Code for "FOCUS: Effective Embedding Initialization for Monolingual Specialization of Multilingual Models" accepted at the EMNLP 2023 main conference.
Paper on arXiv: https://arxiv.org/abs/2305.14481.
We provide the package via pip install deepfocus
.
Alternatively, you can simply copy the deepfocus
folder and drop it into your project.
The necessary dependencies are listed in requirements.txt
(pip install -r requirements.txt
).
The following example shows how to use FOCUS to specialize xlm-roberta-base
on German with a custom, language-specific tokenizer. The code is also available in focus_example.py
.
from transformers import AutoModelForMaskedLM, AutoTokenizer
from deepfocus import FOCUS
source_tokenizer = AutoTokenizer.from_pretrained("xlm-roberta-base")
source_model = AutoModelForMaskedLM.from_pretrained("xlm-roberta-base")
target_tokenizer = AutoTokenizer.from_pretrained(
"./tokenizers/de/xlmr-unigram-50k"
)
# Example for training a new tokenizer:
# target_tokenizer = source_tokenizer.train_new_from_iterator(
# load_dataset("cc100", lang="de", split="train")["text"],
# vocab_size=50_048
# )
# target_tokenizer.save_pretrained("./target_tokenizer_test")
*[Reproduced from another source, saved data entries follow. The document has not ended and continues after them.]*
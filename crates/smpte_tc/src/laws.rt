// Laws of labels and frame numbers, each as the contract of a small function.
ghost use Rattle.smpte_tc.specs.Answers.{means_drop as drop_meant, ReadsWritten, WritesRead};
ghost use Rattle.smpte_tc.specs.Laws.{HasEachALabel, HasOneLabel, HasOneNumber, HasKnownCounts, HasElevenBytes, HasPlainBytes, HasOneReading, HasOneWriting, IsReadAgain};
ghost use Rattle.smpte_tc.specs.Modes.{mode_of as mode_at};

use crate::faults::TcFault;
use crate::timecode::{label, means_drop, read};
use tick_time::Rate;

/// The number that is read from the label of a frame number: that number.
///
/// # Errors
/// Those of [`label`] alone.
pub fn read_written(n: i64, rate: Rate, drop: bool) -> Result<i64, TcFault>
    ensures { ReadsWritten (mode_at rate drop) n result }
{
    match label(n, rate, drop) {
        Ok(written) => read(written.as_slice(), rate, drop),
        Err(fault) => Err(fault),
    }
}

/// The label of the number that is read from a label: that label, with the mark that is written.
///
/// # Errors
/// Those of [`read`] alone.
pub fn write_read(bytes: &[u8], rate: Rate, drop: bool) -> Result<[u8; 11], TcFault>
    ensures { WritesRead (mode_at rate (drop_meant bytes.now drop))
        (drop_meant bytes.now drop) bytes.now result }
{
    match read(bytes, rate, drop) {
        Ok(n) => label(n, rate, means_drop(bytes, drop)),
        Err(fault) => Err(fault),
    }
}

/// Each frame number of a day has exactly one label, in each mode that a rate can have.
pub fn labels_of_numbers()
    ensures there { HasEachALabel }
    ensures one { HasOneLabel }
{}

/// Each label of a day has exactly one frame number, in each mode that a rate can have.
pub fn numbers_of_labels()
    ensures { HasOneNumber }
{}

/// A label is eleven bytes, each of them a digit, `:` or `;`, in each mode that a rate can have.
pub fn bytes_of_labels()
    ensures eleven { HasElevenBytes }
    ensures plain { HasPlainBytes }
{}

/// At a rate, with drop-frame or without, bytes have one answer to [`read`], and a number one
/// answer to [`label`].
pub fn one_answer()
    ensures reading { HasOneReading }
    ensures writing { HasOneWriting }
{}

/// A label that [`label`] writes is read again as its number, means drop-frame exactly where
/// drop-frame was asked for, and has `;` as its ninth byte there and `:` elsewhere.
pub fn labels_read_again()
    ensures { IsReadAgain }
{}

/// A day has 2 073 600 labels at 24 frames a second, with drop-frame 2 589 408 at 30000/1001 and 5
/// 178 816 at 60000/1001.
pub fn counts_of_days()
    ensures { HasKnownCounts }
{}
target_embeddings = FOCUS(
source_embeddings=source_model.get_input_embeddings().weight,
source_tokenizer=source_tokenizer,
target_tokenizer=target_tokenizer,
target_training_data_path="/path/to/data.txt"
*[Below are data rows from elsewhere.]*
// Frame numbers and time addresses of a day.
ghost use Rattle.std.specs.Prelude.{◌≡◌, ◌<◌, ◌≤◌, ◌+◌, ◌-◌, ◌*◌, ◌/◌, ◌%◌, ◌⊎◌, Some, None, length, true, false, slice_get};
ghost use Rattle.smpte_tc.specs.Day.{counted_of, is_left_out, mark_of};
ghost use Rattle.smpte_tc.specs.Modes.{IsMode};
ghost use Rattle.smpte_tc.specs.Spelling.{IsInDay};

use crate::address::TimeAddress;
use crate::modes::Mode;

/// A minute of the day, and a frame of that minute by a count that leaves nothing out.
#[derive(Clone, Copy)]
struct MinutePlace {
    minute: u32,
    frame: u32,
}

impl Mode {
    /// Whether drop-frame leaves out the time address.
    pub fn leaves_out(&self, address: &TimeAddress) -> bool
        ensures { result ≡ is_left_out self.now address.now }
    {
        address.seconds == 0 && address.frames < self.dropped && address.minutes % 10 != 0
    }

    /// The byte before the frames of a label.
    pub fn mark(&self) -> u8
        ensures { result ≡ mark_of self.now }
    {
        if self.dropped == 0 { b':' } else { b';' }
    }

    /// How many frame numbers a day has.
    pub fn day_count(&self) -> u32
        requires { IsMode self.now }
        ensures { result ≡ length (counted_of self.now) }
    {
        86_400 * u32::from(self.nominal) - 1_296 * u32::from(self.dropped)
    }

    /// The frame number of a time address that is counted.
    pub fn number_of(&self, address: &TimeAddress) -> u32
        requires fair { IsMode self.now }
        requires inside { IsInDay self.now.nominal address.now }
        requires counted { is_left_out self.now address.now ≡ false }
        ensures { slice_get (counted_of self.now) result ≡ Some address.now }
    {
        let minute = u32::from(address.hours) * 60 + u32::from(address.minutes);
        let place = address.seconds_of_day() * u32::from(self.nominal) + u32::from(address.frames);
        place - u32::from(self.dropped) * (minute - minute / 10)
    }

    /// The time address of a frame number of the day.
    pub fn address_of(&self, n: u32) -> TimeAddress
        requires fair { IsMode self.now }
        requires of_day { n < length (counted_of self.now) }
        ensures there { slice_get (counted_of self.now) n ≡ Some result }
        ensures inside { IsInDay self.now.nominal result }
    {
        let at = self.minute_of(n);
        let nominal = u32::from(self.nominal);
        TimeAddress {
            hours: (at.minute / 60) as u8,
            minutes: (at.minute % 60) as u8,
            seconds: (at.frame / nominal) as u8,
            frames: (at.frame % nominal) as u8,
        }
    }

    // The minute of a frame number, and its frame there: of ten minutes the first is whole, and of
    // the others drop-frame leaves out the first numbers.
    fn minute_of(&self, n: u32) -> MinutePlace
        requires fair { IsMode self.now }
        requires of_day { n < length (counted_of self.now) }
        ensures place { n + self.now.dropped * (result.minute - result.minute / 10)
            ≡ result.minute * (60 * self.now.nominal) + result.frame }
        ensures day { result.minute < 1440 }
        ensures within { result.frame < 60 * self.now.nominal }
        ensures counted { (result.minute % 10 ≡ 0) ⊎ (self.now.dropped ≤ result.frame) }
    {
        let whole = 60 * u32::from(self.nominal);
        let short = whole - u32::from(self.dropped);
        let tens = n / (whole + 9 * short);
        let rest = n % (whole + 9 * short);
        if rest < whole {
            MinutePlace {
                minute: 10 * tens,
                frame: rest,
            }
        } else {
            let past = rest - whole;
            MinutePlace {
                minute: 10 * tens + 1 + past / short,
                frame: past % short + u32::from(self.dropped),
            }
        }
    }
}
# fasttext_model_path="/path/to/fasttext.bin", # or directly provide path to token-level fasttext model
# In the paper, we use `target_training_data_path` but we also implement using
# WECHSEL's word-to-subword mapping if the language has pretrained fasttext word embeddings available online
# To use, supply a two-letter `language_identifier` (e.g. "de" for German) instead of `target_training_data_path` and set:
# auxiliary_embedding_mode="fasttext-wordlevel",
# language_identifier="de",
)
source_model.resize_token_embeddings(len(target_tokenizer))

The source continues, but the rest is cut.